Question

A thin uniform film of refractive index $1.75$ is placed on a sheet of glass of refractive index $1.5$. At room temperature $\left(20{}^{\circ }\text{C}\right)$, this film is just thick enough for light with wavelength $600\text{nm}$ reflected off the top of the film to be canceled by light reflected from top of the glass. After the glass is placed in an oven and slowly heated to $170{}^{\circ }\text{C}$, the film cancels reflected light of wavelength $606\text{nm}$. The coefficient of linear expansion of the film is (Ignore any changes in the refractive index of the film due to the temperature change.)

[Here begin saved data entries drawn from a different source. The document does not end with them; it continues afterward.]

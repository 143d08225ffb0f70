//! A cell behind a lock: an optional value that the futures of many threads wait for.
//!
//! Items marked `doc(hidden)` are for the crates that build on this one, and may change without
//! notice.
#![tactic(auto)]

mod async_cell;
mod calls;
mod calls_as;
mod cell_ref;
mod closed;
mod guard;
pub mod ops;
mod owner;
mod reply;
mod shared;
mod take;
mod take_as;
mod weak;

pub use async_cell::{AsyncCell, LockedCore};
pub use async_cell_calls::CellStore;
pub use async_cell_core::{Core, Refusal, TaskWaker, Wakers, Wakes};
pub use async_cell_history::{
    Author, Blank, Free, Protocol, Takeable, Unruled, Unwitnessed, Witness, laws,
};
pub use async_cell_model::{Entry, Kept, Reply};
#[doc(hidden)]
pub use async_cell_step::Request;
pub use async_cell_step::{Rule, Ruled, With};
pub use cell_ref::{CellRef, TakeRef};
pub use closed::UntilClosed;
pub use guard::{Guard, GuardedCell};
pub use owner::Owner;
pub use reply::{Replier, ReplyFuture, reply_slot, reply_slot_of};
pub use shared::Shared;
pub use take::{Get, GetWeak, Take, TakeWeak, Values};
pub use take_as::{GetAs, GetWeakAs, TakeAs, TakeWeakAs};
pub use weak::{Weak, WeakOwner};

• A. $(3.3\times {10}^{-5}){}^{\circ }{\text{C}}^{-1}$
• B. $(6.6\times {10}^{-5}){}^{\circ }{\text{C}}^{-1}$
• C. $(9.9\times {10}^{-5}){}^{\circ }{\text{C}}^{-1}$
• D. $(2.2\times {10}^{-5}){}^{\circ }{\text{C}}^{-1}$

Answer 1

The correct option is B $(6.6\times {10}^{-5}){}^{\circ }{\text{C}}^{-1}$

According to the question,

For destructive reflection,

At temperature, ${\theta }_1={20}^{\circ }\text{C}$

$\frac{2{\mu }_1}{{\mu }_g}{t}_1=n{\lambda }_1......\left(1\right)$

At temperature, ${\theta }_2={170}^{\circ }\text{C}$

$\frac{2{\mu }_1}{{\mu }_g}{t}_2=n{\lambda }_2.........\left(2\right)$

From equations $\left(1\right)$ and $\left(2\right)$, we get

$\frac{t_2}{t_1}=\frac{{\lambda }_2}{{\lambda }_1}$

$\frac{t_1[1+\alpha ({\theta }_2-{\theta }_1\left)\right]}{t_1}=\frac{{\lambda }_2}{{\lambda }_1}$

Where, $\alpha$ is the coefficient of linear expansion of the film

$\Rightarrow [1+\alpha (170-20\left)\right]=\frac{606}{600}$

$\therefore \alpha =\frac{6}{600\times 150}=(6.6\times {10}^{-5}){}^{\circ }{\text{C}}^{-1}$

Hence, $\left(\text{B}\right)$ is the correct answer.